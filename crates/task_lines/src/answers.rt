//! What a line asks for, and its answer. The fields of a line are parted by tabs.
ghost use Rattle.std.specs.Prelude.{◌≡◌, Ok};
ghost use Rattle.serde_json.specs.View.{view as data_of};
ghost use Rattle.task_message.specs.Shown.{task_view};
ghost use Rattle.task_message.specs.Tasks.{task_of};

use crate::faults::fault_name;
use envelope::{Envelope, Tag, read as read_envelope};
use sealed_drafts::seal;
use std::alloc::{AllocError, Global};
use task_again::again;
use task_message::{Moment, Task, can_draft, draft, read};

/// The answer to a line.
pub(crate) fn answer(alloc: Global, line: &str) -> Result<String, AllocError> {
    let Some((word, rest)) = line.split_once('\t') else {
        return String::from_str(alloc, "no fields");
    };
    match word {
        "moment" => moment(alloc, rest),
        "write" => written(alloc, rest),
        "task" => task(alloc, rest),
        "rounds" => rounds(alloc, rest),
        "drafts" => drafts(alloc, rest),
        "again" => sent_again(alloc, rest),
        _ => String::from_str(alloc, "no such word"),
    }
}

/// The moment that a text spells, in microseconds.
fn moment(alloc: Global, text: &str) -> Result<String, AllocError> {
    match Moment::read(text.as_bytes()) {
        Some(moment) => {
            let micros = moment.0;
            format!(in alloc; "{micros}")
        }
        None => String::from_str(alloc, "none"),
    }
}

/// The text of a moment of so many microseconds.
fn written(alloc: Global, text: &str) -> Result<String, AllocError> {
    match text.parse::<i64>() {
        Ok(micros) => spelled(alloc, Moment(micros)),
        Err(_) => String::from_str(alloc, "no number"),
    }
}

/// The text of a moment.
fn spelled(alloc: Global, moment: Moment) -> Result<String, AllocError> {
    if !moment.is_within_years() {
        return String::from_str(alloc, "none");
    }
    let text = moment.write(alloc)?;
    copied(alloc, text.as_slice())
}

/// Bytes as a text of their own.
fn copied(alloc: Global, bytes: &[u8]) -> Result<String, AllocError> {
    match str::from_utf8(bytes) {
        Ok(text) => String::from_str(alloc, text),
        Err(_) => String::from_str(alloc, "no text"),
    }
}

/// The task of an envelope's text.
fn task(alloc: Global, text: &str) -> Result<String, AllocError> {
    match read_envelope(alloc, text.as_bytes()) {
        Ok(e) => task_of(alloc, &e),
        Err(_) => String::from_str(alloc, "no envelope"),
    }
}

/// The task of an envelope.
fn task_of(alloc: Global, e: &Envelope) -> Result<String, AllocError> {
    match read(alloc, e) {
        Ok(t) => fields(alloc, &t),
        Err(fault) => String::from_str(alloc, fault_name(fault)),
    }
}

/// The fields of a task.
fn fields(alloc: Global, t: &Task) -> Result<String, AllocError> {
    let version = t.version;
    let name = copied(alloc, t.name.as_slice())?;
    let id = copied(alloc, t.id.as_slice())?;
    let retries = t.retries;
    let eta = micros(alloc, t.eta)?;
    let expires = micros(alloc, t.expires)?;
    let trees = trees(alloc, t)?;
    format!(in alloc; "{version}\t{name}\t{id}\t{retries}\t{eta}\t{expires}\t{trees}")
}

/// The arguments and the keywords of a task.
fn trees(alloc: Global, t: &Task) -> Result<String, AllocError> {
    let args = t.args.to_string(alloc)?;
    let kwargs = t.kwargs.to_string(alloc)?;
    format!(in alloc; "{args}\t{kwargs}")
}

/// The microseconds of a moment, where there is one.
fn micros(alloc: Global, moment: Option<Moment>) -> Result<String, AllocError> {
    match moment {
        Some(moment) => {
            let micros = moment.0;
            format!(in alloc; "{micros}")
        }
        None => String::from_str(alloc, "none"),
    }
}

/// Reads the task of an envelope as often as a line says.
fn rounds(alloc: Global, rest: &str) -> Result<String, AllocError> {
    let Some((count, text)) = rest.split_once('\t') else {
        return String::from_str(alloc, "no fields");
    };
    let Ok(count) = count.parse::<u32>() else {
        return String::from_str(alloc, "no number");
    };
    let mut told = String::new(alloc);
    for _ in 0..count {
        told = task(alloc, text)?;
    }
    Ok(told)
}

/// Drafts and seals the task of an envelope, under the tag 7:1, as often as a line says.
fn drafts(alloc: Global, rest: &str) -> Result<String, AllocError> {
    let Some((count, text)) = rest.split_once('\t') else {
        return String::from_str(alloc, "no fields");
    };
    let Ok(count) = count.parse::<u32>() else {
        return String::from_str(alloc, "no number");
    };
    match read_envelope(alloc, text.as_bytes()) {
        Ok(e) => drafted(alloc, &e, count),
        Err(_) => String::from_str(alloc, "no envelope"),
    }
}

/// The envelope of the task of an envelope, drafted so often.
fn drafted(alloc: Global, e: &Envelope, count: u32) -> Result<String, AllocError> {
    let t = match read(alloc, e) {
        Ok(t) => t,
        Err(fault) => return String::from_str(alloc, fault_name(fault)),
    };
    let mut told = String::new(alloc);
    for _ in 0..count {
        told = sealed(alloc, e, &t)?;
    }
    Ok(told)
}

/// The envelope of a task, sent the way of another envelope.
fn sealed(alloc: Global, e: &Envelope, t: &Task) -> Result<String, AllocError> {
    if !can_draft(t) {
        return String::from_str(alloc, "no draft");
    }
    let made = draft(alloc, t, e.exchange(), e.routing_key(), e.priority() as i64)?;
    match seal(alloc, &made, Tag::of(7, 1)) {
        Ok(next) => copied(alloc, next.text()),
        Err(_) => String::from_str(alloc, "no envelope"),
    }
}

/// The envelope of a task that is sent again under the tag 8:1, at a moment.
fn sent_again(alloc: Global, rest: &str) -> Result<String, AllocError> {
    let Some((eta, text)) = rest.split_once('\t') else {
        return String::from_str(alloc, "no fields");
    };
    let Ok(eta) = eta.parse::<i64>() else {
        return String::from_str(alloc, "no number");
    };
    match read_envelope(alloc, text.as_bytes()) {
        Ok(e) => next_of(alloc, &e, Moment(eta)),
        Err(_) => String::from_str(alloc, "no envelope"),
    }
}

/// The envelope of the task of an envelope, sent again.
fn next_of(alloc: Global, e: &Envelope, eta: Moment) -> Result<String, AllocError> {
    match read(alloc, e) {
        Ok(t) => retried(alloc, e, &t, eta),
        Err(fault) => String::from_str(alloc, fault_name(fault)),
    }
}

/// The envelope of a task that was read from an envelope, sent again.
fn retried(alloc: Global, e: &Envelope, t: &Task, eta: Moment) -> Result<String, AllocError>
    requires { task_of (data_of e.now) ≡ Ok (task_view t.now) }
{
    if !eta.is_within_years() || t.retries == u32::MAX {
        return String::from_str(alloc, "none");
    }
    match again(alloc, e, t, Tag::of(8, 1), eta) {
        Ok(next) => copied(alloc, next.text()),
        Err(fault) => String::from_str(alloc, fault_name(fault)),
    }
}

□ □ □ □ □ □ □

> [Try it] Please, from the material above, copy only the lines from the line with "fn sent_again(alloc: Global, rest: &str)" up to and including the line with "from an envelope, sent again.", exactly as written.

> [Solution to this exercise]
fn sent_again(alloc: Global, rest: &str) -> Result<String, AllocError> {
    let Some((eta, text)) = rest.split_once('\t') else {
        return String::from_str(alloc, "no fields");
    };
    let Ok(eta) = eta.parse::<i64>() else {
        return String::from_str(alloc, "no number");
    };
    match read_envelope(alloc, text.as_bytes()) {
        Ok(e) => next_of(alloc, &e, Moment(eta)),
        Err(_) => String::from_str(alloc, "no envelope"),
    }
}

/// The envelope of the task of an envelope, sent again.
fn next_of(alloc: Global, e: &Envelope, eta: Moment) -> Result<String, AllocError> {
    match read(alloc, e) {
        Ok(t) => retried(alloc, e, &t, eta),
        Err(fault) => String::from_str(alloc, fault_name(fault)),
    }
}

/// The envelope of a task that was read from an envelope, sent again.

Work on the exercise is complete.